Saved data entries:
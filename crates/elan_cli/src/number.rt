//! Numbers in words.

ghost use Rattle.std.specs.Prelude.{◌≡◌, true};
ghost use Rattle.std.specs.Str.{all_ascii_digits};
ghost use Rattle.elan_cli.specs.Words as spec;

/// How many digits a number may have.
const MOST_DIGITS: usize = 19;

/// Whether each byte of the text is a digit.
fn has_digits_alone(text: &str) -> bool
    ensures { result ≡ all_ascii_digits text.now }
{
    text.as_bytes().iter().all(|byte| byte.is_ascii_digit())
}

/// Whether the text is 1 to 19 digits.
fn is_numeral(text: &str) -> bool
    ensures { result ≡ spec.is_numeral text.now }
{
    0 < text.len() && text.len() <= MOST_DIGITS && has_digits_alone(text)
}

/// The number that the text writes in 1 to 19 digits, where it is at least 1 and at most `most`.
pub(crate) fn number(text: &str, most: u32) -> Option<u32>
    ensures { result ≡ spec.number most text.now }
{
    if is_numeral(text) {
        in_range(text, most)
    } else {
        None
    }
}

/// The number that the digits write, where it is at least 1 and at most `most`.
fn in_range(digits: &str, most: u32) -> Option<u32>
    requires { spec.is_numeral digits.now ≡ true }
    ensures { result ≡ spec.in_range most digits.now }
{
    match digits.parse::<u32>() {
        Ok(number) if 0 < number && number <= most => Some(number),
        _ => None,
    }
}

---

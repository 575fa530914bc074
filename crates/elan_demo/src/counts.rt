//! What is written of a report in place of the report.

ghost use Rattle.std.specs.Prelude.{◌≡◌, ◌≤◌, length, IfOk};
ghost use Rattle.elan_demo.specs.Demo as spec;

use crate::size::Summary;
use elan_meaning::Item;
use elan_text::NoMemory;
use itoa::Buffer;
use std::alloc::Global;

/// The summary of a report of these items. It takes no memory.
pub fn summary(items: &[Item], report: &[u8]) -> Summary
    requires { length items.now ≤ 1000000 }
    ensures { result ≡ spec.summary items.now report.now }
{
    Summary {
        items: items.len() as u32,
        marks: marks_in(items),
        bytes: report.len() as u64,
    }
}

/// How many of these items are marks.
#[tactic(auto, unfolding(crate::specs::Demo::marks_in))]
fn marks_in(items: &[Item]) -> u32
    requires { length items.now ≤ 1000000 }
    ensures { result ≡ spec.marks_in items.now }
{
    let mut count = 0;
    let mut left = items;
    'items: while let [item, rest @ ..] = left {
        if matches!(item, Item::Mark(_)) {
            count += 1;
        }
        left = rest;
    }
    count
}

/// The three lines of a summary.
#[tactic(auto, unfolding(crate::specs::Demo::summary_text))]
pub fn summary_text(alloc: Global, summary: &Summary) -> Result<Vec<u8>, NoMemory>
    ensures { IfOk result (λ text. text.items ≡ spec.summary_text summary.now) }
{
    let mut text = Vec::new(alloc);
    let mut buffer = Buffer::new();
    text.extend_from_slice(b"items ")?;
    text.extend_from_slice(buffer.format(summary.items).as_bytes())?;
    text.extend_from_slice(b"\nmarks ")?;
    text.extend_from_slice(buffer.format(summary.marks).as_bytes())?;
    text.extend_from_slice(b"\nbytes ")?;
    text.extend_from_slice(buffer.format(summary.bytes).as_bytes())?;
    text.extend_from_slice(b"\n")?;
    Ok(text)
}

---

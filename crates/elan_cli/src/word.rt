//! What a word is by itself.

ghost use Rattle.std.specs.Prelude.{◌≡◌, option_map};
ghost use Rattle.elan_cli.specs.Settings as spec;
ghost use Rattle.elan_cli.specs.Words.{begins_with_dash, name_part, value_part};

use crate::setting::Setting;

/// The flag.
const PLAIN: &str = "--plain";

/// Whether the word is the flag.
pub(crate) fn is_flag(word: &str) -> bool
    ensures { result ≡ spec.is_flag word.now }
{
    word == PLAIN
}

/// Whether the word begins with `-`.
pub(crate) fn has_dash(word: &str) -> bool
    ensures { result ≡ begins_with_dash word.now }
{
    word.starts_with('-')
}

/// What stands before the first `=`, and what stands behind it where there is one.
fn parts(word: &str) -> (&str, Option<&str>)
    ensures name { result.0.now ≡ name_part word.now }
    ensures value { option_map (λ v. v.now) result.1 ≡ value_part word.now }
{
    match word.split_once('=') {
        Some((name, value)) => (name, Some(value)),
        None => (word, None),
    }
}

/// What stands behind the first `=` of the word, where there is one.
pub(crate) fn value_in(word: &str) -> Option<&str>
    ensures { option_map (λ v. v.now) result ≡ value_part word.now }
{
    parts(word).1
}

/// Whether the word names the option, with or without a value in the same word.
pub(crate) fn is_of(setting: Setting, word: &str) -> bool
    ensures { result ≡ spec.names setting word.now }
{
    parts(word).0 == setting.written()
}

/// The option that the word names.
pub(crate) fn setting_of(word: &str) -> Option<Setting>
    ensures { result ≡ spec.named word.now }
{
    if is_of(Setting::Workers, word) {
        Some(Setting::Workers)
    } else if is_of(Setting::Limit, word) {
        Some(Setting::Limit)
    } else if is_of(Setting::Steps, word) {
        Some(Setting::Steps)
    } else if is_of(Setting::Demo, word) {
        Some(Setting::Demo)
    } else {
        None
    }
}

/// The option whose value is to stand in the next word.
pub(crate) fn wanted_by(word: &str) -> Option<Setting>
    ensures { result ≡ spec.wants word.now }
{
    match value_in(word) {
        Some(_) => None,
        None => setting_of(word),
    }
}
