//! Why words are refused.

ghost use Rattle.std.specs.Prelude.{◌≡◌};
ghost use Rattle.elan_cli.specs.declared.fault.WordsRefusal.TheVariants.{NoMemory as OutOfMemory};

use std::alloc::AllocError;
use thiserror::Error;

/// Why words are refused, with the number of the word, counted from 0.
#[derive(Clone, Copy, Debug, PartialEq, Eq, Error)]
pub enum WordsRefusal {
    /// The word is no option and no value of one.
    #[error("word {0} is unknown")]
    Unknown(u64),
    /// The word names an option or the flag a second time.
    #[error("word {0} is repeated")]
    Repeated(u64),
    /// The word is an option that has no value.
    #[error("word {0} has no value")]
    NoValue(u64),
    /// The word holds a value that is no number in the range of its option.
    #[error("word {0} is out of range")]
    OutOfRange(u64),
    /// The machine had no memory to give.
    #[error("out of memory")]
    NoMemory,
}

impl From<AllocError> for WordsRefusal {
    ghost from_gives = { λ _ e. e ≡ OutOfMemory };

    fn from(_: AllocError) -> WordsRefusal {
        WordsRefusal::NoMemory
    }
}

INSTRUCTIONS FOR THE TASK:
Show the lines of the records above that mention "Rattle".

RESPONSE BOX:
ghost use Rattle.std.specs.Prelude.{◌≡◌, true};
ghost use Rattle.std.specs.Str.{all_ascii_digits};
ghost use Rattle.elan_cli.specs.Words as spec;
ghost use Rattle.std.specs.Prelude.{◌≡◌, ◌≤◌, length, IfOk};
ghost use Rattle.elan_demo.specs.Demo as spec;
ghost use Rattle.std.specs.Prelude.{◌≡◌, option_map};
ghost use Rattle.elan_cli.specs.Settings as spec;
ghost use Rattle.elan_cli.specs.Words.{begins_with_dash, name_part, value_part};
ghost use Rattle.std.specs.Prelude.{◌≡◌};
ghost use Rattle.elan_cli.specs.declared.fault.WordsRefusal.TheVariants.{NoMemory as OutOfMemory};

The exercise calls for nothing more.